Clinical handbooks, sports medicine summaries, Russian pharmacology literature describing BDNF/TrkB and neurotransmitter system modulation.
Verdict Note
The BDNF/TrkB effect is measured and reproducible across multiple studies. Whether that effect is the primary mechanism of Semax's cognitive action, an important secondary effect, or a downstream consequence of melanocortin or enkephalinase activity is not settled. Clinical sources describing the mechanism with certainty overstate what the mechanistic literature supports. The honest position is that BDNF upregulation is real but the full mechanistic picture remains candidate-level.
P21 has suitable pharmacokinetics for oral administration.

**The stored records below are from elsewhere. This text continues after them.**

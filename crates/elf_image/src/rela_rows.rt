//! The entries of a table, one after another.
ghost use Rattle.std.specs.Prelude.{◌≡◌, ◌+◌, ◌*◌, ◌^◌, ◌<◌, ◌≤◌, ℕ, List, Some, true, false, IfErr, IfOk};
ghost use Rattle.std.specs.Prelude.{IfSome, length, take};
ghost use Rattle.elf_model.specs.Bytes.{slice};
ghost use Rattle.elf_model.specs.Records.{r_addend};
ghost use Rattle.elf_record.specs.Rela.{IsRela};
ghost use Rattle.elf_source.specs.Prelude.{ReadsUpTo};
ghost use Rattle.elf_table.specs.Faults.{IsOfRead, IsReadFault};
ghost use Rattle.elf_table.specs.Windows.{HoldsBytes};
ghost use Rattle.elf_image.specs.RelaRows.{AreFarRows, IsHeldRow, IsRelaRow, PassesEntries, PassesRows, TakesRows};
ghost use Rattle.elf_image.specs.RelaRows.{IsRowFar, is_in_reach};
ghost use Rattle.elf_image.specs.Within.{RelaRowsAlive, IsTableWithin, entries_ahead};

use elf_record::gnu_numbers::R_X86_64_IRELATIVE;
use elf_record::numbers::R_X86_64_COPY;
use elf_record::sizes::RELOCATION_BYTES;
use elf_record::{Rela, u64_at};
use elf_source::{Counted, Source};
use elf_table::{Fault, Table, WINDOW_BYTES, Window};

/// The number of bytes of an entry.
const ROW: usize = RELOCATION_BYTES as usize;
/// The number of bytes that are read at once: whole entries.
const PAGE_BYTES: u64 = 4080;
/// The low byte of the type R_X86_64_COPY.
const COPY: u8 = R_X86_64_COPY as u8;
/// The low byte of the type R_X86_64_IRELATIVE.
const IRELATIVE: u8 = R_X86_64_IRELATIVE as u8;

/// The addresses at which an entry of another type than R_X86_64_COPY may store into a window of a
/// segment: it stores at most 16 bytes.
#[derive(Clone, Copy)]
pub(crate) struct WindowReach {
    pub(crate) first: u64,
    pub(crate) last: u64,
}

impl WindowReach {
    /// Returns `true` if bytes that are stored at an address may be in the window.
    pub(crate) fn has(&self, address: u64) -> bool
        ensures { result ≡ is_in_reach self.now address }
    {
        self.first <= address && address <= self.last
    }
}

/// An entry of a table: its index and its offset in the file.
#[derive(Clone, Copy)]
pub(crate) struct RelaRow {
    pub(crate) index: u64,
    pub(crate) at: u64,
    pub(crate) entry: Rela,
}

/// A cursor over the entries of a table, 24 bytes each. It reads as many as fit in 4,096 bytes at
/// once.
#[derive(Drop)]
pub(crate) struct RelaRows {
    pub(crate) table: Table,
    /// The index of the next entry.
    pub(crate) index: u64,
    pub(crate) window: Window<WINDOW_BYTES>,
}

impl RelaRows {
    /// Creates a cursor before the first entry.
    pub(crate) fn new(table: Table) -> RelaRows
        requires { table.entry ≡ 24 }
        ensures table { result.table ≡ table }
        ensures index { result.index ≡ 0 }
        ensures unread { result.window.unread ≡ 24 * table.count }
        ensures alive { (size : ℕ) → IsTableWithin 24 size table → RelaRowsAlive size result }
        ensures held { (file : List ℕ) → HoldsBytes file result.window }
    {
        let _ = table.entry();
        RelaRows {
            table,
            index: 0,
            window: Window::new(table.at(), table.len() * RELOCATION_BYTES, PAGE_BYTES),
        }
    }

    /// Returns `true` if there are no more entries.
    pub(crate) fn is_empty(&self) -> bool
        ensures none { result ≡ true → self.now.index ≡ self.now.table.count }
        ensures some { result ≡ false → self.now.index ≡ self.now.table.count → ⊥ }
    {
        self.index == self.table.len()
    }

    /// Returns the next entry. If a window of a segment is wanted, entries that cannot store into
    /// it are passed by: then it returns `None` after some of these.
    ///
    /// # Errors
    /// Returns a fault of the read, or the refusal `Budget`, at the next entry's offset.
    pub(crate) fn next<S: Source>(
        &mut self,
        src: &mut Counted<S>,
        wanted: Option<WindowReach>,
    ) -> Result<Option<RelaRow>, Fault>
        requires alive { RelaRowsAlive src.old.seen.size self.old }
        requires some { self.old.index < self.old.table.count }
        ensures reads { ReadsUpTo src.old src.new self.old.window.unread }
        ensures says { IfErr result (IsReadFault src.old src.new self.old.window.unread) }
        ensures fault { IfErr result IsOfRead }
        ensures account { src.new.asked + self.new.window.unread
            ≤ src.old.asked + self.old.window.unread }
        ensures table { self.new.table ≡ self.old.table }
        ensures rises { self.old.index ≤ self.new.index }
        ensures alive { IfOk result (λ _. RelaRowsAlive src.old.seen.size self.new) }
        ensures passes { IfOk result (PassesRows self.old self.new wanted) }
        ensures taken { (file : List ℕ) → src.old.seen.file ≡ Some file →
            HoldsBytes file self.old.window → IfOk result (λ found.
            HoldsBytes file self.new.window × TakesRows file self.old self.new wanted found) }
    {
        self.window.fill_buf(src, RELOCATION_BYTES)?;
        if let Some(reach) = wanted {
            let far = far_rows(self.window.front(), &reach);
            if far > 0 {
                self.pass(far as u64);
                return Ok(None);
            }
        }
        Ok(Some(self.take()))
    }

    /// Returns the next entry if it was read.
    pub(crate) fn held(&self) -> Option<RelaRow>
        requires { (size : ℕ) × RelaRowsAlive size self.now }
        ensures { IfSome result (IsHeldRow self.now) }
    {
        if self.window.front().len() < ROW {
            return None;
        }
        Some(self.front_row())
    }

    /// Returns the next entry, which was read.
    fn front_row(&self) -> RelaRow
        requires alive { (size : ℕ) × RelaRowsAlive size self.now }
        requires some { 24 ≤ length self.now.window.held }
        ensures { IsHeldRow self.now result }
    {
        RelaRow {
            index: self.index,
            at: self.window.at(),
            entry: front_entry(self.window.front()),
        }
    }

    /// Takes the next entry, which was read.
    fn take(&mut self) -> RelaRow
        requires alive { (size : ℕ) × RelaRowsAlive size self.old }
        requires some { 24 ≤ length self.old.window.held }
        ensures passes { PassesEntries self.old self.new 1 }
        ensures index { result.index ≡ self.old.index }
        ensures taken { (file : List ℕ) → HoldsBytes file self.old.window →
            IsRelaRow file self.old result }
    {
        let row = self.front_row();
        self.pass(1);
        row
    }

    /// Passes entries, no more than are ahead; those that were not read are never read.
    pub(crate) fn pass(&mut self, rows: u64)
        requires alive { (size : ℕ) × RelaRowsAlive size self.old }
        requires some { rows ≤ entries_ahead self.old }
        ensures { PassesEntries self.old self.new rows }
    {
        self.window.skip(rows * RELOCATION_BYTES);
        self.index += rows;
    }
}

/// Decodes the entry at the front of some bytes.
fn front_entry(bytes: &[u8]) -> Rela
    requires { 24 ≤ length bytes.now }
    ensures { (file : List ℕ) (at : ℕ) → take 24 bytes.now ≡ slice file at 24 →
        IsRela file at result × (r_addend file at < 2 ^ 64) }
{
    Rela::decode(bytes.first_chunk().unwrap())
}

/// Returns how many entries at the front of some cannot store into a window.
fn far_rows(bytes: &[u8], reach: &WindowReach) -> usize
    ensures few { 24 * result ≤ length bytes.now }
    ensures far { AreFarRows bytes.now reach.now result }
{
    let count = bytes.len() / ROW;
    let mut rows = 0;
    while rows < count && is_far(&bytes[ROW * rows..ROW * rows + ROW], reach) {
        rows += 1;
    }
    rows
}

/// Returns `true` if an entry cannot store into a window: its place is elsewhere, and it is neither
/// of R_X86_64_COPY, which may store any number of bytes, nor of R_X86_64_IRELATIVE, which has
/// another turn.
fn is_far(row: &[u8], reach: &WindowReach) -> bool
    requires { length row.now ≡ 24 }
    ensures { result ≡ true → IsRowFar row.now reach.now }
{
    let kind = row[8];
    if kind == COPY {
        return false;
    }
    if kind == IRELATIVE {
        return false;
    }
    !reach.has(u64_at(row, 0))
}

Preclinical stability studies showing 90% gastric-fluid stability at 30 minutes and 100% intestinal-fluid stability at 2 hours.
P21 dosing tables list only subcutaneous and intranasal routes, omitting oral dosing.

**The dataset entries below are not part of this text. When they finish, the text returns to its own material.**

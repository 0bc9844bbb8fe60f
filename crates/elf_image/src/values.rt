//! The values of symbols in an image.
ghost use Rattle.std.specs.Prelude.{◌≡◌, ℕ, List, IfErr};
ghost use Rattle.elf_model.specs.ImageItems.{ThreadValue, bound_value, called_value, item_of};
ghost use Rattle.elf_model.specs.ImageItems.{lacks_item, may_be_unbound, or_unplaced};
ghost use Rattle.elf_model.specs.ImageItems.{own_thread_symbol, own_thread_value, own_value};
ghost use Rattle.elf_model.specs.ImageItems.{thread_value};
ghost use Rattle.elf_record.specs.Sym.{IsSym};
ghost use Rattle.elf_image.specs.Items.{item_kind_number, of_kind};
ghost use Rattle.elf_image.specs.Values.{IsBased, IsSymbolOf, IsValueCause, ThreadKind, known_items};

use crate::changes::ImageFile;
use crate::image_items::ItemKind;
use crate::symbols::is_looked_up;
use elf_record::numbers::{SHN_ABS, SHN_LORESERVE, SHN_UNDEF, STB_WEAK, STT_LOOS};
use elf_record::{Cause, Sym};

/// Returns S, the value of the symbol of an index.
///
/// # Errors
/// Returns `Undefined` if the symbol has no definition, `Unplaced` if its value is not known.
#[tactic(auto, unfolding(elf_model::specs::ImageItems::bound_value, crate::specs::Items::said_by))]
pub(crate) fn bound_value(image: &ImageFile<'_, '_>, index: u32, symbol: &Sym) -> Result<u64, Cause>
    ensures value { (file : List ℕ) (at : ℕ) → IsSym file at symbol.now → IsBased image.now →
        result ≡ bound_value file (known_items image.now) index at }
    ensures known { IfErr result IsValueCause }
{
    match item_of(image, ItemKind::Symbol, index, symbol) {
        Some(value) => Ok(value),
        None => own_value(image, symbol),
    }
}

/// Returns S of the symbol of an index as it is called.
///
/// # Errors
/// Those of [`bound_value`].
#[tactic(auto, unfolding(elf_model::specs::ImageItems::called_value, crate::specs::Items::said_by))]
pub(crate) fn called_value(
    image: &ImageFile<'_, '_>,
    index: u32,
    symbol: &Sym,
) -> Result<u64, Cause>
    ensures value { (file : List ℕ) (at : ℕ) → IsSym file at symbol.now → IsBased image.now →
        result ≡ called_value file (known_items image.now) index at }
    ensures known { IfErr result IsValueCause }
{
    match item_of(image, ItemKind::Call, index, symbol) {
        Some(value) => Ok(value),
        None => bound_value(image, index, symbol),
    }
}

/// Returns the item of a kind of the symbol of an index, if it is looked up.
fn item_of(image: &ImageFile<'_, '_>, kind: ItemKind, index: u32, symbol: &Sym) -> Option<u64>
    ensures { (file : List ℕ) (at : ℕ) → IsSym file at symbol.now →
        result
        ≡ item_of (of_kind (item_kind_number kind) image.now.items.now.numbers.now) file index at }
{
    if !is_looked_up(symbol) {
        return None;
    }
    image.items.number(kind, u64::from(index))
}

/// Returns `true` if the items do not say where a symbol is bound.
#[tactic(auto, unfolding(crate::specs::Items::said_by))]
fn lacks_item(image: &ImageFile<'_, '_>, symbol: &Sym) -> bool
    ensures { (file : List ℕ) (at : ℕ) → IsSym file at symbol.now →
        result ≡ lacks_item file (known_items image.now) at }
{
    image.leaves && is_looked_up(symbol)
}

/// Returns `true` if a symbol may be bound to nothing.
fn may_be_unbound(symbol: &Sym) -> bool
    ensures { (file : List ℕ) (at : ℕ) → IsSym file at symbol.now →
        result ≡ may_be_unbound file at }
{
    is_looked_up(symbol) && symbol.binding() == STB_WEAK
}

/// Returns S of a symbol without an item.
#[tactic(auto, unfolding(elf_model::specs::ImageItems::own_value, crate::specs::Items::said_by))]
fn own_value(image: &ImageFile<'_, '_>, symbol: &Sym) -> Result<u64, Cause>
    ensures value { (file : List ℕ) (at : ℕ) → IsSym file at symbol.now → IsBased image.now →
        result ≡ own_value file (known_items image.now) at }
    ensures known { IfErr result IsValueCause }
{
    if lacks_item(image, symbol) {
        return Err(Cause::Undefined);
    }
    if symbol.st_shndx == SHN_UNDEF {
        if may_be_unbound(symbol) {
            return Ok(0);
        }
        return Err(Cause::Undefined);
    }
    if symbol.st_shndx == SHN_ABS {
        return Ok(symbol.st_value);
    }
    if symbol.st_shndx >= SHN_LORESERVE || symbol.kind() >= STT_LOOS {
        return Err(Cause::Unplaced);
    }
    Ok(image.base.wrapping_add(symbol.st_value))
}

/// Returns the value of the thread-local symbol of an index, by the kind of its item, or `None` if
/// it is bound to nothing. That of index 0 is the value of the file's own thread-local block.
///
/// # Errors
/// Returns `Undefined` if the symbol has no definition, `Unplaced` if its value is not known.
#[tactic(auto, unfolding(elf_model::specs::ImageItems::thread_value, crate::specs::Items::said_by))]
pub(crate) fn thread_value(
    image: &ImageFile<'_, '_>,
    kind: ItemKind,
    index: u32,
    symbol: &Sym,
) -> Result<Option<u64>, Cause>
    ensures value { (said : ThreadValue) → ThreadKind kind said → (file : List ℕ) (at : ℕ) →
        IsSymbolOf file at index symbol.now →
        result ≡ thread_value said file (known_items image.now) index at }
    ensures known { IfErr result IsValueCause }
{
    if index == 0 {
        return own_thread_value(image, kind, 0);
    }
    match item_of(image, kind, index, symbol) {
        Some(value) => Ok(Some(value)),
        None => own_thread_symbol(image, kind, symbol),
    }
}

/// Returns the value of a thread-local symbol without an item.
#[tactic(auto, unfolding(elf_model::specs::ImageItems::own_thread_symbol, crate::specs::Items::said_by))]
fn own_thread_symbol(
    image: &ImageFile<'_, '_>,
    kind: ItemKind,
    symbol: &Sym,
) -> Result<Option<u64>, Cause>
    ensures value { (said : ThreadValue) → ThreadKind kind said → (file : List ℕ) (at : ℕ) →
        IsSym file at symbol.now →
        result ≡ own_thread_symbol said file (known_items image.now) at }
    ensures known { IfErr result IsValueCause }
{
    if lacks_item(image, symbol) {
        return Err(Cause::Undefined);
    }
    if symbol.st_shndx != SHN_UNDEF {
        return own_thread_value(image, kind, symbol.st_value);
    }
    if may_be_unbound(symbol) {
        return Ok(None);
    }
    Err(Cause::Undefined)
}

/// Returns the value of a thread-local symbol of the file itself, whose `st_value` is `value`.
#[tactic(auto, unfolding(elf_model::specs::ImageItems::own_thread_value, crate::specs::Items::said_by))]
fn own_thread_value(
    image: &ImageFile<'_, '_>,
    kind: ItemKind,
    value: u64,
) -> Result<Option<u64>, Cause>
    ensures value { (said : ThreadValue) → ThreadKind kind said →
        result ≡ or_unplaced (own_thread_value said (known_items image.now) value) }
    ensures known { IfErr result IsValueCause }
{
    if kind == ItemKind::Value {
        return Ok(Some(value));
    }
    let Some(own) = image.items.number(kind, 0) else {
        return Err(Cause::Unplaced);
    };
    if kind == ItemKind::Thread {
        return Ok(Some(own.wrapping_add(value)));
    }
    Ok(Some(own))
}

P21 dosing table entries in clinical summaries omit oral routes.
Verdict Note
The same source that describes P21 as orally viable provides a dosing table that omits oral routes. The discrepancy may reflect a gap between preclinical pharmacokinetic data (supporting oral viability) and clinical dosing practice (subcutaneous and intranasal as characterised routes). This protocol defaults to subcutaneous as the conservative characterised route, treating oral viability as preclinical-supported but not clinically-established.
Omega-3 fatty acids are among the best supplements for managing ADHD, improving attention and reducing hyperactivity.
Smaller clinical trials and clinical summary literature showing attention and hyperactivity improvements.
A large systematic review found no clinically significant effect on ADHD core symptoms when rated by parents or teachers.
Systematic review aggregating multiple trials with standardised outcome measures.
Verdict Note
Both statements reflect real data. Smaller studies and some clinical summaries show attention and hyperactivity benefits; larger systematic reviews with standardised outcome measures show no clinically significant core-symptom effect. The likely synthesis is subgroup-specific benefit (low-baseline omega-3 status, specific behavioural profiles) against a weak overall population-level effect. Omega-3 belongs in an ADHD nutritional foundation; it should not be sold as a primary treatment.